Sadly, they're right. Why? Because there are drivers out there capitulating to the dangerous, whimsical, and illegal demands of Uber passengers who, given this outrageous authority which can literally destroy a driver's ability to earn a living, will mercilessly hammer the ratings of drivers who wish to abide by the laws and drive in a safe manner.

This is a public safety issue all across our nation, and it needs to be addressed.


----------



## Shangsta (Aug 15, 2016)

Im usually with you but really? Ratings dont matter unless you are in the deactivation zone. While the ratings can be manipulative its only if you let it get in your head. If you give mostly great service you can survive 1 and 2 stars. 

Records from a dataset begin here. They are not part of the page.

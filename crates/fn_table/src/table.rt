//! The table.

ghost use Rattle.std.specs.Prelude.{◌≡◌};

use crate::rule::{Known, Runs};
use atomic_table::Table;
use fn_core::Start;
use fn_layout::Shape;
use std::alloc::Global;
use std::marker::Model;

/// A funnel on shared words. Contracts see which table it is, and what it opened with.
#[derive(Drop)]
pub struct FunnelTable {
    pub(crate) table: Table<(), Known, Start, Runs, Global>,
    pub(crate) shape: Shape,
    pub(crate) opening: u64,
    pub(crate) cap: u64,
}

impl Model for FunnelTable {
    ghost use Rattle.std.specs.Prelude.{◌≡◌};
    ghost use Rattle.fn_layout.specs.Words.{words};
    ghost use Rattle.fn_core.specs.Machine.{IsStart};
    ghost use Rattle.fn_table.specs.Seen.{TableView};

    ghost Value = { TableView };

    ghost view = { λ t. record { table = t.table.shared.table_id; start = t.table.shared.key } };

    ghost invariant = { λ t. (t.table.shared.table_id.words ≡ words t.shape) × (t.table.shared.key.shape ≡ t.shape) × (t.table.shared.key.opening ≡ t.opening) × (t.table.shared.key.cap ≡ t.cap) × IsStart t.table.shared.key × (t.table.shared.table_id.slots ≡ 0) };
}

impl FunnelTable {
    /// The number at which additions stop.
    pub fn cap(&self) -> u64
        ensures { result ≡ self.now.start.cap }
    {
        self.cap
    }

    /// The shape of the funnel.
    pub fn shape(&self) -> Shape
        ensures { result ≡ self.now.start.shape }
    {
        self.shape
    }
}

I have gotten 2 stars from pax who dont complain and 5 from ones sad I didnt give them an aux cord or an iphone charger.


----------



## tohunt4me (Nov 23, 2015)

agtg said:


> Uber's 5 star rating system poses a serious threat to the public's safety. Why? There are two primary reasons:
> 
> 1) The rating system, as capricious and inaccurate as it is, can position a driver to be deactivated and thereby lose their only source of income.
> 
> ...


Class Action Lawsuit !


----------



## agtg (Jun 8, 2016)

Shangsta said:


> Im usually with you but really? Ratings dont matter unless you are in the deactivation zone. While the ratings can be manipulative its only if you let it get in your head. If you give mostly great service you can survive 1 and 2 stars.
> 
> I have gotten 2 stars from pax who dont complain and 5 from ones sad I didnt give them an aux cord or an iphone charger.

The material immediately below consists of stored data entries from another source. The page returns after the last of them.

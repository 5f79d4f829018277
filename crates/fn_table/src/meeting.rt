//! Notes, by which one pass learns what another had seen.
ghost use Rattle.std.specs.Prelude.{◌≡◌, ◌<◌};
ghost use Rattle.fn_core.specs.declared.Move.TheVariants.{Glance};
ghost use Rattle.fn_core.specs.Calls.{IsIdle};
ghost use Rattle.fn_table.specs.Seen.{IsOf, IsNoteOf, Stored, Met, note_of};

use crate::pass::{Note, Pass};
use crate::rule::{Finds, Meets, Notes, Words};
use crate::seated::Seated;
use crate::steps::quiet_load;
use crate::table::FunnelTable;
use fn_core::Move;
use std::marker::Brand;

// A copy of what the pass has seen.
fn copy(words: &Words, pass: &mut Seated) -> Note
    requires words { 0 < words.now.table_id.words }
    requires together { pass.old.table ≡ words.now.table_id }
    ensures same { pass.new ≡ pass.old }
    ensures note { result ≡ note_of pass.old }
{
    Note {
        seat: words.split_seat::<Notes>(&mut pass.seat),
    }
}

// The pass takes in a note, and ends with a Glance.
fn take_in(words: &Words, pass: &mut Seated, note: Note)
    requires words { 0 < words.now.table_id.words }
    requires together { (pass.old.table ≡ words.now.table_id) × (note.table ≡ words.now.table_id) }
    requires idle { IsIdle pass.old.seen pass.old.number }
    ensures { Met pass.old note pass.new }
{
    let Note { seat } = note;
    words.join_seat::<Meets>(&mut pass.seat, seat);
    words.load::<Finds<Brand>>(&mut pass.seat, 0);
}

/// A copy of what the pass has seen.
pub fn note(table: &FunnelTable, pass: &mut Pass) -> Note
    requires together { IsOf table.now pass.old }
    requires idle { IsIdle pass.old.seen pass.old.number }
    ensures pass { Stored pass.old Glance pass.new }
    ensures note { result ≡ note_of pass.new }
{
    let _number = pass.number();
    quiet_load(table, pass, Move::Glance);
    copy(&table.table.shared, &mut pass.caller)
}

/// The pass has then seen what the note has.
pub fn meet(table: &FunnelTable, pass: &mut Pass, note: Note)
    requires together { IsOf table.now pass.old }
    requires note { IsNoteOf table.now note }
    requires idle { IsIdle pass.old.seen pass.old.number }
    ensures { Met pass.old note pass.new }
{
    take_in(&table.table.shared, &mut pass.caller, note);
}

Ratings are meaningless to me, and we all know there are countless drivers on the roads doing whatever they're told to protect their ratings.


----------



## agtg (Jun 8, 2016)

Look at all the headlines this week about Uber wrecks.


----------



## agtg (Jun 8, 2016)

This is not so much a discussion thread as it is a warning to get onto google searches for people wondering about Uber. Feel free to chat it up, or not, this had to be put out there.


----------



## circle1 (Sep 17, 2016)

Other TNCs are on the edge of their seats, watching very closely . . . they want to eat Uber's lunch. Napoleon said, "Never interfere with the enemy when he is in the process of destroying himself."


----------



## VegasR (Oct 18, 2016)

As a new driver, I've certainly felt this pressure. It can kind of cut both ways though. If you are close to a red light, will the pax think you are trying to milk them by not going for it? Will they think you are driving dangerously if you do go for it? 

It's not good to have this stuff on your mind when you should be concentrating on the road. 

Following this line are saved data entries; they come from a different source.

// The rule of the table, and what each step on it tells.
ghost use Rattle.std.specs.Prelude.{◌≡◌};

use atomic_table::{Join, Play, Seat, Shared, Split, TableRule};
use fn_core::{Event, Move, Start};
use running::View;
use std::marker::{Brand, PhantomData};

pub type Known = View<Start, Event>;

/// Between any two steps the table stands as some legal log of the funnel leaves it.
pub struct Runs;

impl TableRule<(), Known, Start> for Runs {
    ghost use Rattle.std.specs.Prelude.{[]};
    ghost use Rattle.running.specs.Running.{Running, knows, upto};
    ghost use Rattle.fn_table.specs.Funnel.{funnel};

    ghost holds = { λ start. Running funnel start };

    ghost first = { λ start. knows start (upto start.shape.passes) [] };
}

/// Names the move that a step takes. Each call picks it.
pub trait Taken {
    ghost use Rattle.fn_core.specs.declared.Move.{Move};

    ghost step: { Move };
}

impl Taken for Brand {
    ghost use Rattle.fn_core.specs.declared.Move.TheVariants.{Glance};

    ghost step = { Glance };
}

/// A step that finds a number.
pub struct Finds<T> {
    step: PhantomData<T>,
}

impl<T: Taken> Play<(), Known> for Finds<T> {
    ghost use Rattle.std.specs.Prelude.{◌≡◌};
    ghost use Rattle.running.specs.Running.{TookAt, numbers_of};
    ghost use Rattle.fn_table.specs.Funnel.{funnel};
    ghost use Rattle.fn_table.specs.Seats.{taken_by};

    ghost then = { λ step me n after. TookAt funnel (taken_by (numbers_of me.0.parts) T.step) me.0 n after.0 × (after.1 ≡ me.1) };
}

/// A step that stores.
pub struct Stores<T> {
    step: PhantomData<T>,
}

impl<T: Taken> Play<(), Known> for Stores<T> {
    ghost use Rattle.std.specs.Prelude.{◌≡◌, ℕ};
    ghost use Rattle.running.specs.Running.{TookAt, numbers_of};
    ghost use Rattle.fn_table.specs.Funnel.{funnel};
    ghost use Rattle.fn_table.specs.Seats.{taken_by};

    ghost then = { λ step me n after. ((k : ℕ) × TookAt funnel (taken_by (numbers_of me.0.parts) T.step) me.0 k after.0) × (after.1 ≡ me.1) };
}

pub type Words = Shared<(), Known, Start, Runs>;

pub type Place = Seat<(), Known>;

/// A new seat sees the whole log, and keeps no number.
pub struct Sits;

impl Play<(), Known> for Sits {
    ghost use Rattle.std.specs.Prelude.{◌≡◌, []};
    ghost use Rattle.running.specs.Running.{knows, log_of};

    ghost then = { λ step me n after. after.0 ≡ knows me.0.start [] (log_of after.0.parts) };
}

/// The second number goes to a new seat.
pub struct Hands;

impl Split<Known> for Hands {
    ghost use Rattle.running.specs.Running.{handing, handed};

    ghost left = { handing };

    ghost right = { handed };
}

/// A new seat knows what the old one does.
pub struct Notes;

impl Split<Known> for Notes {
    ghost use Rattle.running.specs.Running.{noted};

    ghost left = { λ v. v };

    ghost right = { noted };
}

/// One seat takes in what another knows.
pub struct Meets;

impl Join<Known> for Meets {
    ghost use Rattle.running.specs.Running.{joined, spent};
    ghost use Rattle.fn_table.specs.Seats.{nowhere};

    ghost both = { joined };

    ghost spent = { spent nowhere };
}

Have already had several overstuffed cars. Someone asking me to make a super illegal turn, then dinging me for refusing.


----------



## TwoFiddyMile (Mar 13, 2015)

Ratings system.
Bullying acceptance rate.
Bullying pool pings.
Bullying stacked pings.
Man, you guys have a bad boss.


----------



## CrazyT (Jul 2, 2016)

VegasR said:


> As a new driver, I've certainly felt this pressure. It can kind of cut both ways though. If you are close to a red light, will the pax think you are trying to milk them by not going for it? Will they think you are driving dangerously if you do go for it?
> 
> It's not good to have this stuff on your mind when you should be concentrating on the road.
> 
> Have already had several overstuffed cars. Someone asking me to make a super illegal turn, then dinging me for refusing.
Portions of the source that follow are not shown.